Auch heimliche "Papatests" sind tabu.
Der Albtraum eines Jobsuchenden: Er steht bei seiner Bewerbung schon in der Endrunde. Doch dann heißt es: Wer den Posten wirklich haben will, muss sich zunächst einem Gentest unterziehen. Schließlich will der Arbeitgeber wissen, wen er sich da ins Haus holt. Ob potenzielle Arbeitnehmer nicht womöglich eines Tages wegen einer Erbkrankheit ausfallen.

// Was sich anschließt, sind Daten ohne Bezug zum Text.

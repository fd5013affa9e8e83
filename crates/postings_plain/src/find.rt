//! The entry of a term, found by halving.

ghost use Rattle.std.specs.Prelude.{◌≡◌, ◌<◌, ◌∷◌, List, length, MatchOption};
ghost use Rattle.postings_plain.specs.declared.format.Format.{Format};
ghost use Rattle.postings_plain.specs.Postings.{Entry, field_of as field_in, term_of as term_in, IsFileEntry, entry};
ghost use Rattle.postings_plain.specs.Body.{heading_of, heading_order, SpellsPostings};
ghost use Rattle.postings_plain.specs.Reading.{IsEntry, HasNoHeading, HasHeadingAt, at_place};

use crate::entries::{field_of, term_of};
use body_forms::{item_at, item_count};
use std::cmp::Ordering;

/// Lends the field and the term of an entry.
pub fn heading_in(item: &[u8]) -> (u8, &[u8])
    requires { (format : Format) × IsEntry format item.now }
    ensures field { (format : Format) (e : Entry) → IsFileEntry format e → item.now ≡ entry format e
        → result.0 ≡ field_in e }
    ensures term { (format : Format) (e : Entry) → IsFileEntry format e → item.now ≡ entry format e
        → result.1.now ≡ term_in e }
{
    match field_of(item) {
        Some((field, rest)) => match term_of(rest) {
            Some((term, _)) => (field, term),
            None => unreachable!(),
        },
        None => unreachable!(),
    }
}

/// The order of two headings: by field, then by the bytes of the term.
pub fn compare_headings(field: u8, term: &[u8], other: u8, other_term: &[u8]) -> Ordering
    ensures { result ≡ heading_order (field ∷ term.now) (other ∷ other_term.now) }
{
    match field.cmp(&other) {
        Ordering::Equal => term.cmp(other_term),
        Ordering::Less => Ordering::Less,
        Ordering::Greater => Ordering::Greater,
    }
}

// The order of the heading at a place and another one.
fn compare_at(body: &[u8], place: u32, field: u8, term: &[u8]) -> Ordering
    requires { (format : Format) × (es : List Entry) × SpellsPostings format body.now es
        × (place < length es) }
    ensures { (format : Format) (es : List Entry) → SpellsPostings format body.now es
        → result ≡ heading_order (heading_of (at_place es place)) (field ∷ term.now) }
{
    let (other, other_term) = heading_in(item_at(body, place));
    compare_headings(other, other_term, field, term)
}

/// The place of the entry of this field and this term.
pub fn find(body: &[u8], field: u8, term: &[u8]) -> Option<u32>
    requires { (format : Format) × (es : List Entry) × SpellsPostings format body.now es }
    ensures { (format : Format) (es : List Entry) → SpellsPostings format body.now es
        → MatchOption result (HasNoHeading es (field ∷ term.now))
        (HasHeadingAt es (field ∷ term.now)) }
{
    let mut low = 0;
    let mut high = item_count(body);
    while low < high {
        let middle = low + (high - low) / 2;
        match compare_at(body, middle, field, term) {
            Ordering::Equal => return Some(middle),
            Ordering::Less => low = middle + 1,
            Ordering::Greater => high = middle,
        }
    }
    None
}
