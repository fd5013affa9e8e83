//! The rows of each term, gathered row by row.

ghost use Rattle.std.specs.Prelude.{◌++◌, ◌∷◌, ◌<◌, ◌^◌, [], length, OnOk, IfOk};
ghost use Rattle.postings_plain.specs.Gathering.{Gathers, AreFew, found_hits, SetsHits, AddsPlace, GathersRow};

use crate::hits::TermHits;
use crate::row::TermRow;
use crate::term::Term;
use nrt_base::{Key, NoMemory, Word};
use std::alloc::{AllocError, Global};
use std::collections::BTreeMap;

// The most rows, and the most words of a row.
const MOST: usize = 0xffff_ffff;

/// The rows of each term, in the order of the file.
pub type Found<'a> = BTreeMap<Term<'a>, TermHits>;

// Adds a row to the hits of its key.
fn add_key<'a>(alloc: Global, found: &mut Found<'a>, row: u32, key: &'a Key) -> Result<(), NoMemory>
    ensures { OnOk result (SetsHits found.old found.new (0 ∷ key.now)
        (found_hits found.old (0 ∷ key.now) ++ (row, []) ∷ [])) }
{
    let hits = found
        .entry(Term::of_key(key))?
        .or_insert(TermHits::new(alloc));
    hits.push_row(alloc, row)?;
    Ok(())
}

// Adds a place of a word in a row to the hits of the word.
fn add_word<'a>(
    alloc: Global,
    found: &mut Found<'a>,
    row: u32,
    place: u32,
    word: &'a Word,
) -> Result<(), NoMemory>
    ensures { OnOk result (AddsPlace found.old found.new (1 ∷ word.now) row place) }
{
    let hits = found
        .entry(Term::of_word(word)?)?
        .or_insert(TermHits::new(alloc));
    hits.push_place(alloc, row, place)?;
    Ok(())
}

// Adds a row with this number, which is that of the rows before it.
fn add_row<'a>(
    alloc: Global,
    found: &mut Found<'a>,
    number: u32,
    row: &'a TermRow,
) -> Result<(), NoMemory>
    ensures gathers { OnOk result (GathersRow number row.now found.old found.new) }
    ensures few { OnOk result (length row.now.words < 2 ^ 32) }
{
    let words = row.words.as_slice();
    if words.len() > MOST {
        return Err(AllocError);
    }
    add_key(alloc, found, number, &row.key)?;
    for (place, word) in words.iter().enumerate() {
        add_word(alloc, found, number, place as u32, word)?;
    }
    Ok(())
}

/// The rows of each term of these rows. 2^32 rows, or words of a row, or bytes of a word, or more are out of memory.
pub fn inverted<'a>(alloc: Global, rows: &'a [TermRow]) -> Result<Found<'a>, NoMemory>
    ensures gathers { IfOk result (λ found. Gathers found.entries rows.now) }
    ensures few { OnOk result (AreFew rows.now) }
{
    if rows.len() > MOST {
        return Err(AllocError);
    }
    let mut found = Found::new(alloc);
    for (number, row) in rows.iter().enumerate() {
        add_row(alloc, &mut found, number as u32, row)?;
    }
    Ok(found)
}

Einem solchen Szenario hat der deutsche Bundestag jedoch am Freitag einen Riegel vorgeschoben. Nach zehn Jahren Debatte beschloss er das Gendiagnostikgesetz. Dieses regelt, wie mit Genmaterial von Menschen und somit mit den Ergebnissen von Gentests künftig umzugehen ist: Nämlich sehr restriktiv. "Wir wollen nicht, dass Menschen aufgrund ihrer genetischen Eigenschaften diskriminiert werden", sagt Gesundheitsministerin Ulla Schmidt (SPD).
Die neuen Regeln gelten in folgenden Bereichen:
Berufsleben: Arbeitgeber dürfen von Mitarbeitern oder Bewerbern künftig keinen Gentest verlangen und auch bereits vorliegende Ergebnisse nicht verwenden. Eine Ausnahme gibt es bei arbeitsmedizinischer Vorsorge. Tests sind erlaubt, wenn damit genetisch bedingte Überempfindlichkeiten gegen bestimmte Stoffe geprüft werden sollen – etwa in der Chemieindustrie. Auch bereits übliche Test zur Prüfung von Rot-Grün-Blindheit bei Fernfahrern bleiben weiterhin erlaubt.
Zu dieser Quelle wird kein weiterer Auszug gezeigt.